56 The next issue that arises is whether that non-compliance is fatal to the notice. Section 306(1) of the Act provides that a "formal defect or irregularity" does not invalidate things done under the Act unless the Court considers that the irregularity causes "substantial injustice". However, Mason CJ, Wilson, Brennan and Gaudron JJ observed in Kleinwort Benson Australia Ltd v Crowl (1988) 165 CLR 71 (Crowl) at 79-80 that, according to the authorities, "a Bankruptcy Notice is a nullity if it fails to meet a requirement made essential by the Act, or if it could reasonably mislead a debtor as to what is necessary to comply with the notice … In such cases the notice is a nullity whether or not the debtor in fact is misled".
57 The actual decision in Crowl was that an understatement of the interest due on the judgment debt (by some $23,000) was a formal defect which attracted s 306(1). Because the notice was clear as to what had to be done to comply with it, it was not capable of misleading and therefore not a nullity (at 80-81). However it appears to have been a necessary step in this reasoning that interest on a judgment debt need not be included in a bankruptcy notice (see at 77), so that an accurate statement of the interest was not "a requirement made essential by the Act".

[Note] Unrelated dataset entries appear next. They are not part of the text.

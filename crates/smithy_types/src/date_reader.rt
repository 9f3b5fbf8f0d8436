// Points in time from the texts of a calendar.
ghost use Rattle.std.specs.Prelude.{◌≡◌, ◌+◌, ◌*◌, ◌<◌, ◌≤◌, ◌==◌, codes, length, take, drop, slice_index, pos, ◌+ℤ◌, ◌*ℤ◌, IsTrue, IfSome};
ghost use Rattle.std.specs.List.{list_all};
ghost use Rattle.jiff_core.specs.Calendar.{IsEpochDay};
ghost use Rattle.smithy_types.specs.BigNumbers.{is_digit};
ghost use Rattle.smithy_types.specs.TimestampReading.{epoch_seconds_of, calendar_time_of, full_date_of, short_date_of, clock_of, is_weekday_name, has_short_date_form, is_zone, is_zero_fraction, fits_picture, has_picture, number_at, month_number, day_number};

use crate::date_text::{month_name, weekday_name};
use crate::number_text::is_ascii_digit;
use jiff_core::civil::Date;

/// The seconds since 1970 of an optional `-` and digits, if the text is that and they fit.
pub(crate) fn read_epoch_seconds(text: &str) -> Option<i64>
    ensures { result ≡ epoch_seconds_of text.now }
{
    if text.as_bytes().starts_with(b"+") {
        return None;
    }
    text.parse::<i64>().ok()
}

/// The seconds of a date-time of RFC 3339 with the zone `Z`, if the text is one.
pub(crate) fn read_date_time(text: &[u8]) -> Option<i64>
    ensures { result ≡ calendar_time_of 11 full_date_of (codes "Z") text.now }
{
    if text.len() < 19 {
        return None;
    }
    let (date, rest) = text.split_at(11);
    let (clock, zone) = rest.split_at(8);
    if !is_zone(zone, b"Z") {
        return None;
    }
    Some(seconds_at(read_full_date(date)?, read_clock(clock)?))
}

/// The seconds of a date of RFC 7231, section 7.1.1.1, in its preferred form, if the text is one.
pub(crate) fn read_http_date(text: &[u8]) -> Option<i64>
    ensures { result ≡ calendar_time_of 17 short_date_of (codes " GMT") text.now }
{
    if text.len() < 25 {
        return None;
    }
    let (date, rest) = text.split_at(17);
    let (clock, zone) = rest.split_at(8);
    if !is_zone(zone, b" GMT") {
        return None;
    }
    Some(seconds_at(read_short_date(date)?, read_clock(clock)?))
}

fn seconds_at(day: i32, clock: u32) -> i64
    requires { clock < 86400 }
    ensures { result ≡ day *ℤ pos 86400 +ℤ pos clock }
{
    i64::from(day) * 86_400 + i64::from(clock)
}

#[tactic(auto, unfolding(crate::specs::TimestampReading::full_date_of))]
fn read_full_date(text: &[u8]) -> Option<i32>
    ensures { result ≡ full_date_of text.now }
{
    if !has_picture(b"0000-00-00T", text) {
        return None;
    }
    day_number(
        four_digits(text, 0),
        two_digits(text, 5),
        two_digits(text, 8),
    )
}

#[tactic(auto, unfolding(crate::specs::TimestampReading::short_date_of))]
fn read_short_date(text: &[u8]) -> Option<i32>
    requires { length text.now ≡ 17 }
    ensures { result ≡ short_date_of text.now }
{
    if !has_short_date_form(text) {
        return None;
    }
    let month = month_number(&text[8..11])?;
    day_number(four_digits(text, 12), month, two_digits(text, 5))
}

#[tactic(auto, unfolding(crate::specs::TimestampReading::has_short_date_form))]
fn has_short_date_form(text: &[u8]) -> bool
    requires { length text.now ≡ 17 }
    ensures { result ≡ has_short_date_form text.now }
{
    let weekday = is_weekday(&text[..3]);
    let day = has_picture(b", 00 ", &text[3..8]);
    let year = has_picture(b" 0000 ", &text[11..]);
    weekday && (day && year)
}

#[tactic(auto, unfolding(crate::specs::TimestampReading::clock_of, crate::specs::TimestampReading::has_picture))]
fn read_clock(text: &[u8]) -> Option<u32>
    ensures value { result ≡ clock_of text.now }
    ensures bound { IfSome result (λ clock. clock < 86400) }
{
    if !has_picture(b"00:00:00", text) {
        return None;
    }
    let (hour, minute, second) = (
        two_digits(text, 0),
        two_digits(text, 3),
        two_digits(text, 6),
    );
    if hour > 23 || minute > 59 || second > 59 {
        return None;
    }
    Some(u32::from(hour) * 3600 + u32::from(minute) * 60 + u32::from(second))
}

#[tactic(auto, unfolding(crate::specs::TimestampReading::day_number))]
fn day_number(year: u16, month: u8, day: u8) -> Option<i32>
    requires year { year < 10000 }
    requires month { month < 100 }
    requires day { day < 100 }
    ensures { result ≡ day_number year month day }
{
    if year == 0 {
        return None;
    }
    match Date::new(year as i16, month as i8, day as i8) {
        Ok(date) => Some(date.to_unix_epoch_day()),
        Err(_) => None,
    }
}

#[tactic(auto, unfolding(crate::specs::TimestampReading::month_number))]
fn month_number(name: &[u8]) -> Option<u8>
    ensures value { result ≡ month_number name.now }
    ensures bound { IfSome result (λ month. month ≤ 12) }
{
    for month in 1..13 {
        if name == month_name(month).as_slice() {
            return Some(month);
        }
    }
    None
}

#[tactic(auto, unfolding(crate::specs::TimestampReading::is_weekday_name))]
fn is_weekday(name: &[u8]) -> bool
    ensures { result ≡ is_weekday_name name.now }
{
    for day in 0..7 {
        if name == weekday_name(day).as_slice() {
            return true;
        }
    }
    false
}

#[tactic(auto, unfolding(crate::specs::TimestampReading::is_zone))]
fn is_zone(text: &[u8], zone: &[u8]) -> bool
    ensures { result ≡ is_zone zone.now text.now }
{
    let (fraction, end) = text.split_at(text.len().saturating_sub(zone.len()));
    is_zero_fraction(fraction) && end == zone
}

fn is_zero_fraction(text: &[u8]) -> bool
    ensures { result ≡ is_zero_fraction text.now }
{
    match text.split_first() {
        None => true,
        Some((point, zeros)) => *point == b'.' && !zeros.is_empty() && are_zeros(zeros),
    }
}

fn are_zeros(text: &[u8]) -> bool
    ensures { result ≡ list_all (λ b. b == 48) text.now }
{
    for b in text {
        if *b != b'0' {
            return false;
        }
    }
    true
}

// Whether the text has a digit where the picture has a 0, and elsewhere the picture's byte.
#[tactic(auto, unfolding(crate::specs::TimestampReading::has_picture))]
fn has_picture(picture: &[u8], text: &[u8]) -> bool
    ensures { result ≡ has_picture picture.now text.now }
{
    if picture.len() != text.len() {
        return false;
    }
    for place in 0..picture.len() {
        if !fits_picture(picture[place], text[place]) {
            return false;
        }
    }
    true
}

fn fits_picture(picture: u8, b: u8) -> bool
    ensures { result ≡ fits_picture picture b }
{
    if picture == b'0' {
        is_ascii_digit(b)
    } else {
        picture == b
    }
}

// The number of the two digits at a place and behind it.
fn two_digits(text: &[u8], place: usize) -> u8
    requires room { place + 2 ≤ length text.now }
    requires first { IsTrue (is_digit (slice_index text.now place)) }
    requires second { IsTrue (is_digit (slice_index text.now (place + 1))) }
    ensures value { result ≡ number_at place 2 text.now }
    ensures bound { result < 100 }
{
    (text[place] - b'0') * 10 + (text[place + 1] - b'0')
}

// The number of the four digits from a place on.
fn four_digits(text: &[u8], place: usize) -> u16
    requires room { place + 4 ≤ length text.now }
    requires first { IsTrue (is_digit (slice_index text.now place)) }
    requires second { IsTrue (is_digit (slice_index text.now (place + 1))) }
    requires third { IsTrue (is_digit (slice_index text.now (place + 2))) }
    requires fourth { IsTrue (is_digit (slice_index text.now (place + 3))) }
    ensures value { result ≡ number_at place 4 text.now }
    ensures bound { result < 10000 }
{
    u16::from(two_digits(text, place)) * 100 + u16::from(two_digits(text, place + 2))
}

58 The formulation in Crowl at 79-80 was extended in Parianos v Lymlind Pty Ltd [1999] FCA 684; 93 FCR 191 (Parianos) at [15] (Sackville J) to a requirement "rendered essential by a valid regulation made pursuant to [the Act]". The regulation in question in that case, held to have erected "essential" requirements (at [16]-[19]), was a predecessor of s 12. Jackman J accordingly regarded Parianos as indistinguishable in Gannaway, a conclusion with which I agree.
59 For my own part, I have some reservations concerning the reasoning in Parianos. Arguably, the regulation making power that sustains s 12 and sustained its predecessors is s 315(1)(a) (matters "required or permitted by this Act to be prescribed"), in combination with s 41(2) (which requires a notice to be "in accordance with the form prescribed by the regulations"). There is something to be said for the view that non-compliance with a requirement as to the "form" of a bankruptcy notice constitutes a defect or irregularity that is "formal" (the term used in s 306(1)) and, consequently, should be regarded as invalidating a bankruptcy notice only if it leads to substantial injustice. That would have the potential to avoid the obvious injustice of invalidation of a bankruptcy notice in a case such as the present, where the Australian dollar amount sought by the notice is understated to the advantage of the debtor and what must be done in order to comply with the notice is tolerably clear. However, Parianos has stood as authority for more than 20 years and I do not think it can be said to be plainly wrong (cf, eg, N & M Martin Holdings Pty Ltd v Commissioner of Taxation [2020] FCA 1186 at [43]-[46] (Steward J)).
60 On this basis, I am driven to conclude that the defects in compliance with s 12(2) in the present case lead to the invalidity of the notice.